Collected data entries
//! Cells and rows of tables as statements of C.
ghost use Rattle.std.specs.Prelude.{◌≡◌, ◌++◌, [], ◌∷◌, true, pos, map, IsTrue, IfOk, OnOk, slice_get, slice_index_or};
ghost use Rattle.std.specs.Option.{option_map_or};
ghost use Rattle.std.specs.List.{list_all, range_with_len};
ghost use Rattle.scr_spec.specs.Shown.{data_of};
ghost use Rattle.scr_spec.specs.Over.{is_side_over};
ghost use Rattle.scr_spec.specs.Cells.{is_cell_over, is_row_over, is_table_over};
ghost use Rattle.c_subset.specs.declared.stmt.CStmt.TheVariants.{Assign as Assigned, If as Chosen};
ghost use Rattle.c_writer.specs.declared.objects.Moment.TheVariants.{New};
ghost use Rattle.c_writer.specs.Objects.{object_of};
ghost use Rattle.c_writer.specs.Tables.{cell_expr as expr_of_cell, column_cond as cond_of_column, column_expr as expr_of_column, value_expr as expr_of_value, cell_stmt as stmt_of_cell, row_stmts as stmts_of_row};

use crate::condition::{cond_expr, truth};
use crate::event::event_expr;
use crate::objects::{Moment, object_at};
use crate::side::side_expr;
use base::{Name, NoMemory};
use c_subset::{CExpr, CStmt};
use scr_spec::{Cell, Heading, Row, Spec, Table};
use sqlite_items::Items;
use std::alloc::Global;

fn cell_expr(alloc: Global, spec: &Spec, cell: &Cell) -> Result<CExpr, NoMemory>
    requires { IsTrue (is_cell_over (data_of spec.now) cell.now) }
    ensures { IfOk result (λ e. e ≡ expr_of_cell (data_of spec.now) cell.now) }
{
    match cell {
        Cell::Cond(c) => cond_expr(alloc, spec, c, Moment::New),
        Cell::Event(e) => event_expr(alloc, spec, e),
    }
}

#[tactic(auto, using(scr_spec::proofs::Lookup::lookup_laws))]
fn column_cond(alloc: Global, spec: &Spec, row: &Row, column: usize) -> Result<CExpr, NoMemory>
    requires { IsTrue (is_row_over (data_of spec.now) row.now) }
    ensures { IfOk result (λ e. e ≡ cond_of_column (data_of spec.now) row.now column) }
{
    match row.cells.get(column) {
        None => truth(alloc, false),
        Some(cell) => cell_expr(alloc, spec, cell),
    }
}

#[tactic(auto, using(scr_spec::proofs::Lookup::lookup_laws))]
fn column_expr(
    alloc: Global,
    spec: &Spec,
    table: &Table,
    column: usize,
    plain: Moment,
) -> Result<CExpr, NoMemory>
    requires { IsTrue (list_all (is_side_over (data_of spec.now)) table.now.values) }
    ensures { IfOk result (λ e. e ≡ expr_of_column (data_of spec.now) (object_of (data_of spec.now) plain) (object_of (data_of spec.now) New) table.now column) }
{
    match table.values.get(column) {
        None => Ok(CExpr::Constant(0)),
        Some(e) => side_expr(alloc, spec, e, plain, Moment::New),
    }
}

fn target_at(row: &Row, column: usize) -> i64
    ensures { result ≡ slice_index_or row.now.targets column (pos 0) }
{
    let targets = row.targets.as_slice();
    if column < targets.len() {
        targets[column]
    } else {
        0
    }
}

/// The value of a cell. All names of a value in a condition table are read in the new state, and
/// the unprimed ones of any other table in the old.
#[tactic(auto, using(crate::proofs::Tabled::table_laws))]
fn value_expr(
    alloc: Global,
    spec: &Spec,
    table: &Table,
    row: &Row,
    column: usize,
) -> Result<CExpr, NoMemory>
    requires { IsTrue (is_table_over (data_of spec.now) table.now) }
    ensures { IfOk result (λ e. e ≡ expr_of_value (data_of spec.now) table.now row.now column table.now.heading) }
{
    match table.heading {
        Heading::Condition => column_expr(alloc, spec, table, column, Moment::New),
        Heading::Event => column_expr(alloc, spec, table, column, Moment::Old),
        Heading::Modes => Ok(CExpr::Constant(target_at(row, column))),
    }
}

fn assignment(alloc: Global, object: Name, value: CExpr) -> Result<Items<CStmt>, NoMemory>
    ensures { IfOk result (λ ss. ss ≡ Assigned object value ∷ []) }
{
    let mut body = Items::new(alloc);
    body.push(CStmt::Assign(object, value))?;
    Ok(body)
}

/// Where the cell holds, the variable takes its value.
fn cell_stmt(
    alloc: Global,
    spec: &Spec,
    table: &Table,
    row: &Row,
    column: usize,
) -> Result<CStmt, NoMemory>
    requires over { IsTrue (is_table_over (data_of spec.now) table.now) }
    requires row_over { IsTrue (is_row_over (data_of spec.now) row.now) }
    ensures { IfOk result (λ s. s ≡ stmt_of_cell (data_of spec.now) table.now row.now column) }
{
    let condition = column_cond(alloc, spec, row, column)?;
    let object = object_at(alloc, spec, Moment::New, table.variable)?;
    let value = value_expr(alloc, spec, table, row, column)?;
    let body = assignment(alloc, object, value)?;
    Ok(CStmt::If(condition, body, Items::new(alloc)))
}

/// The statements of the cells of a row.
#[tactic(auto, using(crate::proofs::Growth::range_laws))]
pub(crate) fn row_stmts(
    alloc: Global,
    spec: &Spec,
    table: &Table,
    row: &Row,
) -> Result<Items<CStmt>, NoMemory>
    requires over { IsTrue (is_table_over (data_of spec.now) table.now) }
    requires row_over { IsTrue (is_row_over (data_of spec.now) row.now) }
    ensures { IfOk result (λ ss. ss ≡ stmts_of_row (data_of spec.now) table.now row.now) }
{
    let mut body = Items::new(alloc);
    let count = row.cells.len();
    for column in 0..count {
        let statement = cell_stmt(alloc, spec, table, row, column)?;
        body.push(statement)?;
    }
    Ok(body)
}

» What you are asked to do:
An exact restatement of the data is required.

» Answer to the problem:
//! Cells and rows of tables as statements of C.
ghost use Rattle.std.specs.Prelude.{◌≡◌, ◌++◌, [], ◌∷◌, true, pos, map, IsTrue, IfOk, OnOk, slice_get, slice_index_or};
ghost use Rattle.std.specs.Option.{option_map_or};
ghost use Rattle.std.specs.List.{list_all, range_with_len};
ghost use Rattle.scr_spec.specs.Shown.{data_of};
ghost use Rattle.scr_spec.specs.Over.{is_side_over};
ghost use Rattle.scr_spec.specs.Cells.{is_cell_over, is_row_over, is_table_over};
ghost use Rattle.c_subset.specs.declared.stmt.CStmt.TheVariants.{Assign as Assigned, If as Chosen};
ghost use Rattle.c_writer.specs.declared.objects.Moment.TheVariants.{New};
ghost use Rattle.c_writer.specs.Objects.{object_of};
ghost use Rattle.c_writer.specs.Tables.{cell_expr as expr_of_cell, column_cond as cond_of_column, column_expr as expr_of_column, value_expr as expr_of_value, cell_stmt as stmt_of_cell, row_stmts as stmts_of_row};

use crate::condition::{cond_expr, truth};
use crate::event::event_expr;
use crate::objects::{Moment, object_at};
use crate::side::side_expr;
use base::{Name, NoMemory};
use c_subset::{CExpr, CStmt};
use scr_spec::{Cell, Heading, Row, Spec, Table};
use sqlite_items::Items;
use std::alloc::Global;

fn cell_expr(alloc: Global, spec: &Spec, cell: &Cell) -> Result<CExpr, NoMemory>
    requires { IsTrue (is_cell_over (data_of spec.now) cell.now) }
    ensures { IfOk result (λ e. e ≡ expr_of_cell (data_of spec.now) cell.now) }
{
    match cell {
        Cell::Cond(c) => cond_expr(alloc, spec, c, Moment::New),
        Cell::Event(e) => event_expr(alloc, spec, e),
    }
}

#[tactic(auto, using(scr_spec::proofs::Lookup::lookup_laws))]
fn column_cond(alloc: Global, spec: &Spec, row: &Row, column: usize) -> Result<CExpr, NoMemory>
    requires { IsTrue (is_row_over (data_of spec.now) row.now) }
    ensures { IfOk result (λ e. e ≡ cond_of_column (data_of spec.now) row.now column) }
{
    match row.cells.get(column) {
        None => truth(alloc, false),
        Some(cell) => cell_expr(alloc, spec, cell),
    }
}

#[tactic(auto, using(scr_spec::proofs::Lookup::lookup_laws))]
fn column_expr(
    alloc: Global,
    spec: &Spec,
    table: &Table,
    column: usize,
    plain: Moment,
) -> Result<CExpr, NoMemory>
    requires { IsTrue (list_all (is_side_over (data_of spec.now)) table.now.values) }
    ensures { IfOk result (λ e. e ≡ expr_of_column (data_of spec.now) (object_of (data_of spec.now) plain) (object_of (data_of spec.now) New) table.now column) }
{
    match table.values.get(column) {
        None => Ok(CExpr::Constant(0)),
        Some(e) => side_expr(alloc, spec, e, plain, Moment::New),
    }
}

fn target_at(row: &Row, column: usize) -> i64
    ensures { result ≡ slice_index_or row.now.targets column (pos 0) }
{
    let targets = row.targets.as_slice();
    if column < targets.len() {
        targets[column]
    } else {
        0
    }
}

/// The value of a cell. All names of a value in a condition table are read in the new state, and
/// the unprimed ones of any other table in the old.
#[tactic(auto, using(crate::proofs::Tabled::table_laws))]
fn value_expr(
    alloc: Global,
    spec: &Spec,
    table: &Table,
    row: &Row,
    column: usize,
) -> Result<CExpr, NoMemory>
    requires { IsTrue (is_table_over (data_of spec.now) table.now) }
    ensures { IfOk result (λ e. e ≡ expr_of_value (data_of spec.now) table.now row.now column table.now.heading) }
{
    match table.heading {
        Heading::Condition => column_expr(alloc, spec, table, column, Moment::New),
        Heading::Event => column_expr(alloc, spec, table, column, Moment::Old),
        Heading::Modes => Ok(CExpr::Constant(target_at(row, column))),
    }
}

fn assignment(alloc: Global, object: Name, value: CExpr) -> Result<Items<CStmt>, NoMemory>
    ensures { IfOk result (λ ss. ss ≡ Assigned object value ∷ []) }
{
    let mut body = Items::new(alloc);
    body.push(CStmt::Assign(object, value))?;
    Ok(body)
}

/// Where the cell holds, the variable takes its value.
fn cell_stmt(
    alloc: Global,
    spec: &Spec,
    table: &Table,
    row: &Row,
    column: usize,
) -> Result<CStmt, NoMemory>
    requires over { IsTrue (is_table_over (data_of spec.now) table.now) }
    requires row_over { IsTrue (is_row_over (data_of spec.now) row.now) }
    ensures { IfOk result (λ s. s ≡ stmt_of_cell (data_of spec.now) table.now row.now column) }
{
    let condition = column_cond(alloc, spec, row, column)?;
    let object = object_at(alloc, spec, Moment::New, table.variable)?;
    let value = value_expr(alloc, spec, table, row, column)?;
    let body = assignment(alloc, object, value)?;
    Ok(CStmt::If(condition, body, Items::new(alloc)))
}

/// The statements of the cells of a row.
#[tactic(auto, using(crate::proofs::Growth::range_laws))]
pub(crate) fn row_stmts(
    alloc: Global,
    spec: &Spec,
    table: &Table,
    row: &Row,
) -> Result<Items<CStmt>, NoMemory>
    requires over { IsTrue (is_table_over (data_of spec.now) table.now) }
    requires row_over { IsTrue (is_row_over (data_of spec.now) row.now) }
    ensures { IfOk result (λ ss. ss ≡ stmts_of_row (data_of spec.now) table.now row.now) }
{
    let mut body = Items::new(alloc);
    let count = row.cells.len();
    for column in 0..count {
        let statement = cell_stmt(alloc, spec, table, row, column)?;
        body.push(statement)?;
    }
    Ok(body)
}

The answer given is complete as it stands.